◆ **WORK TO COMPLETE**
One part of the entries below is wanted: the lines from the one containing "return Err(Refusal::WrongMark);" through the one containing "fn decode<'m>(bytes: &[u8], counts: Counts, lists: &'m". Write those out exactly and nothing else.

#####

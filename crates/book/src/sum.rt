//! The last byte of an account.
ghost use Rattle.std.specs.Prelude.{◌≡◌};
ghost use Rattle.book.specs.Bytes.{DetectsOneChange, exclusive_or};

/// The exclusive-or of all these bytes, 0 if there are none.
pub fn last_byte(body: &[u8]) -> u8
    ensures value { result ≡ exclusive_or body.now }
    ensures detects { DetectsOneChange body.now }
{
    body.iter().fold(0, |sum, byte| sum ^ *byte)
}
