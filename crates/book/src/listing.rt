//! The reading of a whole book, and the text that lists its accounts.
ghost use Rattle.std.specs.Prelude.{◌≡◌, ◌+◌, ◌/◌, ◌≤◌, true, length, is_ok, IfOk, OnErr, Some, vec_len, vec_capacity};
ghost use Rattle.book.specs.Books.{ListedBehind, ReadBehind, AccountOrRefused, listing_text};
ghost use Rattle.book.specs.Format.{size_of};

use crate::reader::{AccountAt, Lists, account_at};
use snapshot::{AccountHead, BookFault};
use std::alloc::AllocError;
use std::fmt;

/// Reads a book from its first byte: account after account, to its end or to the first that is refused. Adds the five
/// numbers of each account to the list, and answers the fault of the account at which the reading ended; none at the end of
/// the book. The only error is want of memory. Then the list has those of the accounts read so far, at least as many in all as
/// it had room for, and one account more stands in the book. It does not come where the list has room for as many accounts as
/// a book of that length can have.
pub fn read_book(book: &[u8], heads: &mut Vec<AccountHead>) -> Result<Option<BookFault>, AllocError>
    ensures listed { IfOk result (λ e. ListedBehind heads.old.items heads.new.items book.now e) }
    ensures so_far { OnErr result (ReadBehind heads.old.items heads.new.items book.now) }
    ensures full { OnErr result (vec_capacity heads.old ≤ vec_len heads.new) }
    ensures succeeds { vec_len heads.old + length book.now / size_of 0 0 ≤ vec_capacity heads.old → is_ok result ≡ true }
{
    let mut lists = Lists::new();
    // a `while`: how far the next account reaches is known only once it is read
    let mut start = 0;
    while start < book.len() {
        match read_head(book, start, &mut lists) {
            Ok(read) => {
                heads.push(read.head)?;
                start = read.end;
            }
            Err(fault) => return Ok(Some(fault)),
        }
    }
    Ok(None)
}

// The five numbers of the account at this place, and the place after it; its readings and writes go into these lists.
fn read_head(book: &[u8], start: usize, lists: &mut Lists) -> Result<AccountAt, BookFault>
    ensures { AccountOrRefused book.now start result }
{
    let found = account_at(book, start, lists)?;
    Ok(found.account().located(start))
}

/// A listing's text: a line for each account with its five numbers; then `end` and the number of accounts, or `bad`, the
/// number of the refusal and the place of the refused account.
#[derive(Clone, Copy)]
pub struct Listing<'a> {
    /// The five numbers of each account.
    pub heads: &'a [AccountHead],
    /// The fault of the account at which the reading ended; none at the end of the book.
    pub ending: Option<BookFault>,
}

impl fmt::Display for Listing<'_> {
    ghost output = { λ l. Some (listing_text l.heads.now l.ending) };

    fn fmt<W: fmt::Write>(&self, f: &mut fmt::Formatter<W>) -> fmt::Result {
        for head in self.heads {
            writeln!(f, "{head}")?;
        }
        match self.ending {
            None => writeln!(f, "end {}", self.heads.len()),
            Some(BookFault { fault, start }) => {
                writeln!(f, "bad {} {start}", fault.refusal.number())
            }
        }
    }
}
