//! An account that was found lawful.
ghost use Rattle.std.specs.Prelude.{◌≡◌, true, IfSome, OnSome, is_some};
ghost use Rattle.snapshot.specs.Accounts.{lawful};
ghost use Rattle.book.specs.Format.{as_account};
ghost use Rattle.book.specs.Theorems.{ValuesFit};

use crate::account::Account;

// An account whose numbers, readings and writes keep the rules.
#[derive(Clone, Copy)]
pub(crate) struct LawfulAccount<'a> {
    pub(crate) account: Account<'a>,
    ghost lawfully: { lawful (as_account account) ≡ true },
}

impl<'a> Account<'a> {
    // This account as a lawful one, if it is.
    pub(crate) fn lawful(&self) -> Option<LawfulAccount<'a>>
        ensures when { is_some result ≡ lawful (as_account self.now) }
        ensures value { IfSome result (λ found. found.account ≡ self.now) }
        ensures fits { OnSome result (ValuesFit (as_account self.now)) }
    {
        if self.is_lawful() {
            Some(LawfulAccount { account: *self })
        } else {
            None
        }
    }
}
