//! An account as a caller has it, and whether it is lawful: the rules that its numbers, readings and writes keep.
ghost use Rattle.std.specs.Prelude.{◌≡◌, ◌^◌, ◌<◌, true, ◌&&◌, nat_lt};
ghost use Rattle.std.specs.List.{AllByRecursion, list_all};
ghost use Rattle.snapshot.specs.Accounts.{CommonTimes, agreed_ends, few_enough, lawful, sound_reading, sound_timestamp, greatest_timestamp, least_promise};
ghost use Rattle.snapshot.specs.Intervals.{from_to};
ghost use Rattle.book.specs.Theorems.{ValuesFit};
ghost use Rattle.book.specs.Format.{as_account};

use snapshot::{
    CHAIN_READINGS, ChainReading, Interval, OPEN_END, WRITE_KEYS, Write, are_rising, is_key,
    is_timestamp, is_worker,
};

/// The account of a committed chain: its final interval, its timestamp (0 if nothing was written), its readings in order,
/// and its writes.
#[derive(Clone, Copy, PartialEq, Eq, Debug)]
pub struct Account<'a> {
    /// The final interval of the chain.
    pub interval: Interval,
    /// The time of its writes; 0 if it wrote nothing.
    pub timestamp: u64,
    /// Its readings in order, at most 32 in a lawful account.
    pub readings: &'a [ChainReading],
    /// Its writes in rising order of their keys, at most 8 in a lawful account.
    pub writes: &'a [Write],
}

impl Account<'_> {
    /// Is the account lawful?
    pub fn is_lawful(&self) -> bool
        ensures value { result ≡ lawful (as_account self.now) }
        ensures means { result ≡ true → CommonTimes (as_account self.now) }
        ensures fits { result ≡ true → ValuesFit (as_account self.now) }
    {
        // `&` has no branch: every rule is looked at.
        self.is_small()
            & are_sound(self.readings)
            & are_rising(self.writes)
            & self.is_agreed()
            & self.has_sound_timestamp()
    }

    fn is_small(&self) -> bool
        ensures { result ≡ few_enough self.now.readings.now self.now.writes.now }
    {
        self.readings.len() <= CHAIN_READINGS && self.writes.len() <= WRITE_KEYS
    }

    // Does the interval go from the greatest timestamp to the least promise, and is it not empty?
    fn is_agreed(&self) -> bool
        ensures { result ≡ agreed_ends self.now.interval.low self.now.interval.high self.now.readings.now }
    {
        self.interval == agreed_interval(self.readings) && self.interval.low <= self.interval.high
    }

    // Is the timestamp 0 without writes, and else a commit's and later than every promise?
    fn has_sound_timestamp(&self) -> bool
        ensures { result ≡ sound_timestamp self.now.timestamp self.now.readings.now self.now.writes.now }
    {
        if self.writes.is_empty() {
            self.timestamp == 0
        } else {
            is_timestamp(self.timestamp) && is_after_all(self.timestamp, self.readings)
        }
    }
}

// Is each reading in range: worker, key, and timestamp up to a promise before the open end?
fn are_sound(readings: &[ChainReading]) -> bool
    ensures value { result ≡ list_all sound_reading readings.now }
    ensures fits { result ≡ true → AllByRecursion (λ x. x.reading.value < 2 ^ 32) readings.now }
{
    readings.iter().all(|reading| is_sound(*reading))
}

fn is_sound(made: ChainReading) -> bool
    ensures value { result ≡ sound_reading made }
    ensures fits { made.reading.value < 2 ^ 32 }
{
    is_worker(made.worker)
        && is_key(made.key)
        && made.reading.timestamp <= made.reading.promise
        && made.reading.promise < OPEN_END
}

// From the greatest timestamp to the least promise; without readings, all times.
fn agreed_interval(readings: &[ChainReading]) -> Interval
    ensures { result ≡ from_to (greatest_timestamp readings.now) (least_promise readings.now) }
{
    readings.iter().fold(
        Interval::ALL_TIMES,
        |agreed, made| agreed.narrow(made.reading),
    )
}

// Is the timestamp later than every promise?
fn is_after_all(timestamp: u64, readings: &[ChainReading]) -> bool
    ensures { result ≡ list_all (λ x. nat_lt x.reading.promise timestamp) readings.now }
{
    readings.iter().all(|made| made.reading.promise < timestamp)
}
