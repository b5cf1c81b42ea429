//! Reading an account at a place of a book into two lists of the caller's.
ghost use Rattle.std.specs.Prelude.{◌≡◌, ◌+◌, ◌^◌, ◌<◌, ◌≤◌, [], length, drop, IfOk, Ok};
ghost use Rattle.snapshot.specs.Accounts.{head_of};
ghost use Rattle.snapshot.specs.Limits.{chain_readings, write_keys};
ghost use Rattle.snapshot.specs.Overwriting.{overwritten};
ghost use Rattle.book.specs.Calls.{faulted, located, read_at, filled_readings, filled_writes};
ghost use Rattle.book.specs.Format.{account_from, account_bytes, counts_in, framed, front_account, size_of, as_account};
ghost use Rattle.book.specs.Theorems.{AcceptedOnly, BeginsWithWritten};

use crate::account::Account;
use crate::lawful::LawfulAccount;
use crate::packed::{HEAD_SIZE, account_size, unpack_all, writes_place};
use crate::sum::last_byte;
use crate::writer::MARK;
use arrayvec::ArrayVec;
use byteorder::{BigEndian, ByteOrder};
use snapshot::{
    AccountHead, BookFault, CHAIN_READINGS, ChainReading, Interval, Refusal, WRITE_KEYS, Write,
};
use std::marker::Model;

/// An account's five numbers, and the place after its bytes.
#[derive(Clone, Copy, PartialEq, Eq, Debug)]
pub struct AccountAt {
    /// The account's five numbers.
    pub head: AccountHead,
    /// The byte place after the account, from the start of the book.
    pub end: usize,
}

// How many readings and writes an account has.
#[derive(Clone, Copy)]
pub(crate) struct Counts {
    readings: usize,
    writes: usize,
}

// Memory for the readings and the writes of one account.
#[derive(Drop)]
pub(crate) struct Lists {
    readings: ArrayVec<ChainReading, CHAIN_READINGS>,
    writes: ArrayVec<Write, WRITE_KEYS>,
}

impl Lists {
    // Both empty.
    pub(crate) fn new() -> Lists
        ensures readings { result.readings.items ≡ [] }
        ensures writes { result.writes.items ≡ [] }
    {
        Lists {
            readings: ArrayVec::new(),
            writes: ArrayVec::new(),
        }
    }
}

// A lawful account that was found in a book; its readings and writes are lent.
#[derive(Drop)]
pub(crate) struct Found<'m> {
    lawful: LawfulAccount<'m>,
}

impl<'m> Model for Found<'m> {
    ghost use Rattle.snapshot.specs.Accounts.{Account};
    ghost use Rattle.book.specs.Format.{as_account};

    ghost Value = { Account };

    ghost view = { λ f. as_account f.lawful.account };
}

impl<'m> Found<'m> {
    pub(crate) fn account(&self) -> LawfulAccount<'m>
        ensures { as_account result.account ≡ self.now }
    {
        self.lawful
    }
}

impl LawfulAccount<'_> {
    // The five numbers, and the place after the account's bytes where they begin at this one.
    pub(crate) fn located(&self, start: usize) -> AccountAt
        requires { start + length (account_bytes (as_account self.now.account)) < 2 ^ 64 }
        ensures head { result.head ≡ head_of (as_account self.now.account) }
        ensures end { result.end ≡ start + length (account_bytes (as_account self.now.account)) }
    {
        AccountAt {
            head: AccountHead {
                interval: self.account.interval,
                timestamp: self.account.timestamp,
                readings: self.account.readings.len(),
                writes: self.account.writes.len(),
            },
            end: start + self.size(),
        }
    }
}

/// Reads the account at this place of the book into the starts of the two lists, and answers its five numbers and the
/// place after it. Checks, in this order: four bytes present, mark, counts, full length, last byte, the other rules, lists
/// long enough. A refusal leaves both lists as they were. Any place may be named, also past the end.
pub fn read_account(
    book: &[u8],
    start: usize,
    readings: &mut [ChainReading],
    writes: &mut [Write],
) -> Result<AccountAt, BookFault>
    ensures value { result ≡ faulted start (located start (read_at book.now start (length readings.old) (length writes.old))) }
    ensures readings { readings.new ≡ overwritten (filled_readings (read_at book.now start (length readings.old) (length writes.old))) readings.old }
    ensures writes { writes.new ≡ overwritten (filled_writes (read_at book.now start (length readings.old) (length writes.old))) writes.old }
    ensures written { AcceptedOnly book.now start result readings.new writes.new }
{
    let mut lists = Lists::new();
    let found = account_at(book, start, &mut lists)?.account();
    let account = found.account;
    if readings.len() < account.readings.len() || writes.len() < account.writes.len() {
        return Err(BookFault::new(Refusal::TooShort, start));
    }
    fill(readings, account.readings);
    fill(writes, account.writes);
    Ok(found.located(start))
}

// The account at this place of the book, its readings and writes in these lists.
#[tactic(auto, using(crate::proofs::Reading::accepted_at))]
pub(crate) fn account_at<'m>(
    book: &[u8],
    start: usize,
    lists: &'m mut Lists,
) -> Result<Found<'m>, BookFault>
    ensures value { result ≡ faulted start (front_account (drop start book.now)) }
    ensures written { IfOk result (BeginsWithWritten (drop start book.now)) }
{
    front_account(from_place(book, start), lists).map_err(|refusal| BookFault::new(refusal, start))
}

// The account at the front of the bytes, its readings and writes in these lists.
fn front_account<'m>(bytes: &[u8], lists: &'m mut Lists) -> Result<Found<'m>, Refusal>
    ensures { result ≡ front_account bytes.now }
{
    let counts = check_frame(bytes)?;
    let Some(lawful) = decode(bytes, counts, lists).lawful() else {
        return Err(Refusal::Unlawful);
    };
    Ok(Found { lawful })
}

// The counts of the account at the front of the bytes; refused where the account is cut short, its mark or its last byte
// is wrong, or a count is out of range.
fn check_frame(bytes: &[u8]) -> Result<Counts, Refusal>
    ensures value { result ≡ framed bytes.now (Ok (counts_in bytes.now)) }
    ensures fits { IfOk result (λ k. (k.readings ≤ chain_readings) × (k.writes ≤ write_keys) × (size_of k.readings k.writes ≤ length bytes.now)) }
{
    let [first, second, n, m, rest @ ..] = bytes else {
        return Err(Refusal::AccountCut);
    };
    if [*first, *second] != MARK {
        return Err(Refusal::WrongMark);
    }
    let readings = usize::from(*n);
    let writes = usize::from(*m);
    if readings > CHAIN_READINGS || writes > WRITE_KEYS {
        return Err(Refusal::Unlawful);
    }
    let last = account_size(readings, writes) - 1;
    if rest.len() + 4 <= last {
        return Err(Refusal::AccountCut);
    }
    if bytes[last] != last_byte(&bytes[..last]) {
        return Err(Refusal::WrongLastByte);
    }
    Ok(Counts { readings, writes })
}

// The account that the bytes tell, each field at its place; its readings and writes are unpacked into these lists.
fn decode<'m>(bytes: &[u8], counts: Counts, lists: &'m mut Lists) -> Account<'m>
    requires counts { counts ≡ counts_in bytes.now }
    requires readings { counts.readings ≤ chain_readings }
    requires writes { counts.writes ≤ write_keys }
    requires fits { size_of counts.readings counts.writes ≤ length bytes.now }
    ensures { as_account result ≡ account_from bytes.now }
{
    unpack_all(&bytes[HEAD_SIZE..], counts.readings, &mut lists.readings);
    unpack_all(
        &bytes[writes_place(counts.readings)..],
        counts.writes,
        &mut lists.writes,
    );
    Account {
        interval: Interval {
            low: BigEndian::read_u64(&bytes[4..]),
            high: BigEndian::read_u64(&bytes[12..]),
        },
        timestamp: BigEndian::read_u64(&bytes[20..]),
        readings: lists.readings.as_slice(),
        writes: lists.writes.as_slice(),
    }
}

// The bytes from a place on; none past the end.
fn from_place(book: &[u8], start: usize) -> &[u8]
    ensures { result.now ≡ drop start book.now }
{
    book.get(start..).unwrap_or(&[])
}

// Replaces the first elements of the list by these.
fn fill<T: Copy>(list: &mut [T], new: &[T])
    requires { length new.now ≤ length list.old }
    ensures { list.new ≡ overwritten new.now list.old }
{
    list[..new.len()].copy_from_slice(new);
}
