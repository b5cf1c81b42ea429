//! The book of accounts: an account's bytes, written and read, the reading of a whole book, and its listing.
#![tactic(auto)]

mod account;
mod lawful;
mod listing;
mod output;
mod packed;
mod reader;
mod sum;
mod writer;

pub use account::Account;
pub use listing::{Listing, read_book};
pub use output::{Extent, list_book, write_whole};
pub use reader::{AccountAt, read_account};
pub use sum::last_byte;
pub use writer::{LONGEST_ACCOUNT, MARK};
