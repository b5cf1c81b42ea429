//! Records of a fixed size, packed one after another, and where the parts of an account begin.
ghost use Rattle.std.specs.Prelude.{◌≡◌, ℕ, ◌+◌, ◌*◌, ◌≤◌, List, length, refl};
ghost use Rattle.std.specs.List.{flat_map};
ghost use Rattle.snapshot.specs.Limits.{chain_readings, write_keys};
ghost use Rattle.snapshot.specs.Overwriting.{overwritten};
ghost use Rattle.book.specs.Bytes.{records_from};
ghost use Rattle.book.specs.Format.{head_size, reading_bytes, reading_from, reading_size, size_of, write_bytes, write_from, write_size};

use arrayvec::ArrayVec;
use byteorder::{BigEndian, ByteOrder};
use snapshot::{ChainReading, Reading, Write};

// How many bytes stand before the readings.
pub(crate) const HEAD_SIZE: usize = 28;

// How many bytes stand before the writes of an account with so many readings.
pub(crate) fn writes_place(readings: usize) -> usize
    requires { readings ≤ chain_readings }
    ensures { result ≡ head_size + reading_size * readings }
{
    HEAD_SIZE + ChainReading::SIZE * readings
}

// How many bytes an account of so many readings and writes has.
pub(crate) fn account_size(readings: usize, writes: usize) -> usize
    requires readings { readings ≤ chain_readings }
    requires writes { writes ≤ write_keys }
    ensures { result ≡ size_of readings writes }
{
    writes_place(readings) + Write::SIZE * writes + 1
}

// A record that has always the same number of bytes.
pub(crate) trait Packed: Sized {
    ghost SIZE: { ℕ };

    ghost packed: { Self → List ℕ };

    ghost unpacked: { List ℕ → Self };

    ghost sized: { (x : Self) → length (packed x) ≡ SIZE };

    const SIZE: usize;

    // Puts the record's bytes to the front of the room.
    fn pack(&self, room: &mut [u8])
        requires { SIZE ≤ length room.old }
        ensures { room.new ≡ overwritten (packed self.now) room.old };

    // The record at the front of the bytes.
    fn unpack(bytes: &[u8]) -> Self
        requires { SIZE ≤ length bytes.now }
        ensures { result ≡ unpacked bytes.now };
}

impl Packed for ChainReading {
    ghost SIZE = { reading_size };

    ghost packed = { reading_bytes };

    ghost unpacked = { reading_from };

    ghost sized = { λ _. refl };

    const SIZE: usize = 22;

    fn pack(&self, room: &mut [u8]) {
        room[0] = self.worker;
        room[1] = self.key;
        BigEndian::write_u32(&mut room[2..], self.reading.value);
        BigEndian::write_u64(&mut room[6..], self.reading.timestamp);
        BigEndian::write_u64(&mut room[14..], self.reading.promise);
    }

    fn unpack(bytes: &[u8]) -> ChainReading {
        ChainReading {
            worker: bytes[0],
            key: bytes[1],
            reading: Reading {
                value: BigEndian::read_u32(&bytes[2..]),
                timestamp: BigEndian::read_u64(&bytes[6..]),
                promise: BigEndian::read_u64(&bytes[14..]),
            },
        }
    }
}

impl Packed for Write {
    ghost SIZE = { write_size };

    ghost packed = { write_bytes };

    ghost unpacked = { write_from };

    ghost sized = { λ _. refl };

    const SIZE: usize = 5;

    fn pack(&self, room: &mut [u8]) {
        room[0] = self.key;
        BigEndian::write_u32(&mut room[1..], self.value);
    }

    fn unpack(bytes: &[u8]) -> Write {
        Write {
            key: bytes[0],
            value: BigEndian::read_u32(&bytes[1..]),
        }
    }
}

// Puts records one after another to the front of the room. By number, since of what is lent to
// `chunks_exact_mut` only the length is known afterwards; and so does `unpack_all`.
pub(crate) fn pack_all<T: Packed>(records: &[T], room: &mut [u8])
    requires { T.SIZE * length records.now ≤ length room.old }
    ensures { room.new ≡ overwritten (flat_map T.packed records.now) room.old }
{
    for (i, record) in records.iter().enumerate() {
        record.pack(&mut room[T::SIZE * i..]);
    }
}

// Fills the list with the records that stand one after another at the front of the bytes, so many, and nothing else.
#[tactic(auto, using(crate::proofs::Records::length_records))]
pub(crate) fn unpack_all<T: Packed + Default + Drop, const MOST: usize>(
    bytes: &[u8],
    count: usize,
    records: &mut ArrayVec<T, MOST>,
)
    requires room { count ≤ MOST }
    requires fits { T.SIZE * count ≤ length bytes.now }
    ensures { records.new.items ≡ records_from T.unpacked T.SIZE count bytes.now }
{
    records.clear();
    for i in 0..count {
        records.push(T::unpack(&bytes[T::SIZE * i..]));
    }
}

#####

◆ **TASK ANSWER**
        return Err(Refusal::WrongMark);
    }
    let readings = usize::from(*n);
    let writes = usize::from(*m);
    if readings > CHAIN_READINGS || writes > WRITE_KEYS {
        return Err(Refusal::Unlawful);
    }
    let last = account_size(readings, writes) - 1;
    if rest.len() + 4 <= last {
        return Err(Refusal::AccountCut);
    }
    if bytes[last] != last_byte(&bytes[..last]) {
        return Err(Refusal::WrongLastByte);
    }
    Ok(Counts { readings, writes })
}

// The account that the bytes tell, each field at its place; its readings and writes are unpacked into these lists.
fn decode<'m>(bytes: &[u8], counts: Counts, lists: &'m mut Lists) -> Account<'m>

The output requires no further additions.